I used the ANNOVAR command line
annotate_variation.pl -downdb -buildver hg19 refGene humandb
to download hg19_refGene.txt from UCSC and I'll use this database to create the input file for ANNOVAR in format http://www.openbioinformatics.org/annovar/annovar_filter.html#generic but all information I can get for the refGene format is from http://genome.ucsc.edu/FAQ/FAQformat
( string geneName; "Name of gene as it appears in Genome Browser." string name; "Name of gene" string chrom; "Chromosome name" char strand; "+ or - for strand" uint txStart; "Transcription start position" uint txEnd; "Transcription end position" uint cdsStart; "Coding region start" uint cdsEnd; "Coding region end" uint exonCount; "Number of exons" uint[exonCount] exonStarts; "Exon start positions" uint[exonCount] exonEnds; "Exon end positions" )
which is not sufficient because the downloaded refGene has more columns.

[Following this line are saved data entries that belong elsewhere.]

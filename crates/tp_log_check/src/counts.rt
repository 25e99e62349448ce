//! What is counted of a log.

ghost use Rattle.std.specs.Prelude.{◌≡◌, ◌++◌, ◌∷◌, [], List};
ghost use Rattle.tp_log_check.specs.LogCounts.{AreOneMore, CanGrow, counts_of};
ghost use Rattle.tp_log.specs.declared.log_line.LogLine.{LogLine};

use tp_log::LogLine;
use tp_schedule::Record;

/// How many events a log has, and how many plans, nones and budgets.
#[derive(Clone, Copy, Debug, PartialEq, Eq)]
pub struct Counts {
    pub events: u64,
    pub plans: u64,
    pub nones: u64,
    pub budgets: u64,
}

impl Counts {
    /// Of no line.
    pub fn none() -> Counts
        ensures { result ≡ counts_of [] }
    {
        Counts {
            events: 0,
            plans: 0,
            nones: 0,
            budgets: 0,
        }
    }

    /// With one line more.
    pub fn with(self, told: &LogLine) -> Counts
        requires room { CanGrow self }
        ensures counted { (lines : List LogLine) → self ≡ counts_of lines
            → result ≡ counts_of (lines ++ told.now ∷ []) }
        ensures grows { AreOneMore self result }
    {
        match told {
            LogLine::Event(_) => Counts {
                events: self.events + 1,
                ..self
            },
            LogLine::Note(Record::Plan { .. }) => Counts {
                plans: self.plans + 1,
                ..self
            },
            LogLine::Note(Record::Never { .. }) => Counts {
                nones: self.nones + 1,
                ..self
            },
            LogLine::Note(Record::Budget { .. }) => Counts {
                budgets: self.budgets + 1,
                ..self
            },
            _ => self,
        }
    }
}
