//! The event that is under way, with its records and trees so far.

ghost use Rattle.std.specs.Prelude.{List, ◌≡◌, ◌+◌, ◌<◌, ◌≤◌, ◌++◌, ◌∷◌, [], false, OnOk, OnErr, IfOk, vec_len, vec_capacity};
ghost use Rattle.std.specs.Bool.{MatchBool};
ghost use Rattle.tp_bounds.specs.Lines.{IsNode, IsRow};
ghost use Rattle.tp_log_check.specs.Gathered.{IsPending, IsSame, items_of, lines_of};
ghost use Rattle.tp_log.specs.GatheredItems.{closed, has_lines};
ghost use Rattle.tp_log.specs.Grammar.{IsRecord};
ghost use Rattle.tp_log.specs.LogLines.{AreInOrder, IsLogLine, is_event};
ghost use Rattle.tp_bounds.specs.declared.tree.BoundTree.{BoundTree};
ghost use Rattle.tp_log.specs.declared.item.Item.{Item};
ghost use Rattle.tp_log.specs.declared.item.Item.TheVariants.{Event as EventItem};
ghost use Rattle.tp_log.specs.declared.log_line.LogLine.TheVariants.{Event as EventLine, Note as NoteLine, Room as RowLine, Node as NodeLine};
ghost use Rattle.tp_script.specs.Printed.{IsEchoed};

use crate::next_entry::NextEntry;
use std::alloc::Global;
use std::mem;
use tp_base::Memory;
use tp_bounds::{BoundTree, Node, Nodes, TreeRow, TreeRows};
use tp_log::{Item, LogLine};
use tp_schedule::Record;
use tp_script::Event;

fn no_tree(alloc: Global) -> BoundTree
    ensures { result ≡ record { rows = []; nodes = [] } }
{
    BoundTree {
        rows: TreeRows::new(alloc),
        nodes: Nodes::new(alloc),
    }
}

fn has_lines(tree: &BoundTree) -> bool
    ensures { result ≡ has_lines tree.now }
{
    tree.rows.len() > 0 || tree.nodes.len() > 0
}

/// An event with its records and trees so far, and the tree to which lines may still come.
pub struct Pending {
    alloc: Global,
    /// The number of its line.
    pub line: u64,
    pub event: Event,
    /// Its records, and the trees that are ended.
    pub items: Vec<Item>,
    tree: BoundTree,
    next: NextEntry,
}

// What becomes of its parts is proved here, once for all who let go of one.
impl Drop for Pending {
    fn drop(self) {
        let Pending {
            alloc: _,
            line: _,
            event: _,
            items: _,
            tree: _,
            next: _,
        } = self;
    }
}

impl Pending {
    /// An event without records yet, with the number of its line.
    pub fn new(alloc: Global, line: u64, event: Event) -> Pending
        requires echoed { IsEchoed event }
        ensures pending { IsPending result }
        ensures lines { lines_of result ≡ EventLine event ∷ [] }
        ensures line { result.line ≡ line }
    {
        Pending {
            alloc,
            line,
            event,
            items: Vec::new(alloc),
            tree: no_tree(alloc),
            next: NextEntry::behind_event(),
        }
    }

    /// Makes room for so many items more.
    fn reserve(&mut self, count: usize) -> Result<(), Memory>
        ensures same { IsSame self.old self.new }
        ensures room { OnOk result
            (vec_len self.new.items + count ≤ vec_capacity self.new.items) }
    {
        self.items.reserve(count)?;
        Ok(())
    }

    /// Ends the tree, if there is one. Room for it was made.
    fn end_tree(&mut self)
        requires room { vec_len self.old.items < vec_capacity self.old.items }
        ensures items { items_of self.new ≡ closed (items_of self.old) self.old.tree }
        ensures tree { self.new.tree ≡ record { rows = []; nodes = [] } }
        ensures next { self.new.next ≡ self.old.next }
        ensures event { self.new.event ≡ self.old.event }
        ensures line { self.new.line ≡ self.old.line }
        ensures len { vec_len self.new.items ≤ vec_len self.old.items + 1 }
        ensures capacity { vec_capacity self.new.items ≡ vec_capacity self.old.items }
    {
        if has_lines(&self.tree) {
            let tree = mem::replace(&mut self.tree, no_tree(self.alloc));
            self.items.push_reserved(Item::Tree(tree));
        }
    }

    /// Adds a record. After `Memory` all is as before.
    fn add_record(&mut self, told: Record) -> Result<(), Memory>
        requires pending { IsPending self.old }
        requires line { IsRecord told }
        ensures pending { OnOk result (IsPending self.new) }
        ensures lines { OnOk result (lines_of self.new ≡ lines_of self.old
            ++ NoteLine told ∷ []) }
        ensures event { self.new.event ≡ self.old.event }
        ensures line { self.new.line ≡ self.old.line }
        ensures memory { OnErr result (IsSame self.old self.new) }
    {
        self.reserve(2)?;
        self.end_tree();
        self.next = NextEntry::behind_record(&told);
        self.items.push_reserved(Item::Note(told));
        Ok(())
    }

    /// Adds a room row, or answers false where none may stand here. After `Memory` all is as before.
    fn add_row(&mut self, row: TreeRow) -> Result<bool, Memory>
        requires pending { IsPending self.old }
        requires line { IsRow row }
        ensures pending { IfOk result (λ stands. IsPending self.new) }
        ensures lines { IfOk result (λ stands. MatchBool stands
            (lines_of self.new ≡ lines_of self.old ++ RowLine row ∷ [])
            (AreInOrder (lines_of self.old ++ RowLine row ∷ []) → ⊥)) }
        ensures off { IfOk result (λ stands.
            MatchBool stands (Unit {0}) (IsSame self.old self.new)) }
        ensures event { self.new.event ≡ self.old.event }
        ensures line { self.new.line ≡ self.old.line }
        ensures memory { OnErr result (IsSame self.old self.new) }
    {
        if !self.next.takes_row() {
            return Ok(false);
        }
        self.tree.rows.push(row)?;
        self.next = NextEntry::behind_row();
        Ok(true)
    }

    /// Adds a node, or answers false where none may stand here. After `Memory` all is as before.
    fn add_node(&mut self, node: Node) -> Result<bool, Memory>
        requires pending { IsPending self.old }
        requires line { IsNode node }
        ensures pending { IfOk result (λ stands. IsPending self.new) }
        ensures lines { IfOk result (λ stands. MatchBool stands
            (lines_of self.new ≡ lines_of self.old ++ NodeLine node ∷ [])
            (AreInOrder (lines_of self.old ++ NodeLine node ∷ []) → ⊥)) }
        ensures off { IfOk result (λ stands.
            MatchBool stands (Unit {0}) (IsSame self.old self.new)) }
        ensures event { self.new.event ≡ self.old.event }
        ensures line { self.new.line ≡ self.old.line }
        ensures memory { OnErr result (IsSame self.old self.new) }
    {
        if !self.next.takes_node() {
            return Ok(false);
        }
        self.tree.nodes.push(node)?;
        self.next = NextEntry::behind_node();
        Ok(true)
    }

    /// Adds a line that is no event's, or returns false if it may not stand here. After `Memory` all is as before.
    pub fn add(&mut self, told: LogLine) -> Result<bool, Memory>
        requires pending { IsPending self.old }
        requires line { IsLogLine told }
        requires plain { is_event told ≡ false }
        ensures pending { IfOk result (λ stands. IsPending self.new) }
        ensures lines { IfOk result (λ stands. MatchBool stands
            (lines_of self.new ≡ lines_of self.old ++ told ∷ [])
            (AreInOrder (lines_of self.old ++ told ∷ []) → ⊥)) }
        ensures off { IfOk result (λ stands.
            MatchBool stands (Unit {0}) (IsSame self.old self.new)) }
        ensures event { self.new.event ≡ self.old.event }
        ensures line { self.new.line ≡ self.old.line }
        ensures memory { OnErr result (IsSame self.old self.new) }
    {
        match told {
            LogLine::Event(_) => Ok(false),
            LogLine::Note(rec) => {
                self.add_record(rec)?;
                Ok(true)
            }
            LogLine::Room(row) => self.add_row(row),
            LogLine::Node(node) => self.add_node(node),
        }
    }

    /// Ends the tree, if there is one, so that the items have all lines, and tells whether there was one. After `Memory` all is as
    /// before.
    pub fn end(&mut self) -> Result<bool, Memory>
        ensures items { OnOk result (items_of self.new ≡ closed
            (items_of self.old) self.old.tree) }
        ensures ended { IfOk result (λ ended. ended ≡ has_lines self.old.tree) }
        ensures tree { OnOk result (self.new.tree ≡ record { rows = []; nodes = [] }) }
        ensures next { self.new.next ≡ self.old.next }
        ensures event { self.new.event ≡ self.old.event }
        ensures line { self.new.line ≡ self.old.line }
        ensures memory { OnErr result (IsSame self.old self.new) }
    {
        let ended = has_lines(&self.tree);
        self.reserve(1)?;
        self.end_tree();
        Ok(ended)
    }

    /// Takes back that the tree was ended, if there was one.
    pub fn reopen(&mut self, ended: bool)
        ensures back { (items : List Item) (tree : BoundTree) → ended ≡ has_lines tree
            → items_of self.old ≡ closed (EventItem self.old.event ∷ items) tree
            → self.old.tree ≡ record { rows = []; nodes = [] }
            → (self.new.items.items ≡ items) × (self.new.tree ≡ tree) }
        ensures next { self.new.next ≡ self.old.next }
        ensures event { self.new.event ≡ self.old.event }
        ensures line { self.new.line ≡ self.old.line }
    {
        if ended {
            match self.items.pop() {
                Some(Item::Tree(tree)) => self.tree = tree,
                Some(Item::Event(_)) | Some(Item::Note(_)) | None => {}
            }
        }
    }
}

For example
1475 NM_000039 chr11 - 116706468 116708338 116706523 116708103 4 116706468,116707716,116708060,116708320, 116707127,116707873,116708123,116708338, 0 APOA1 cmpl cmpl 2,1,0,-1,
I tried to look many place to find the meaning of the last 6 columns. Anyone here can give the site that can explain the meaning of those columns?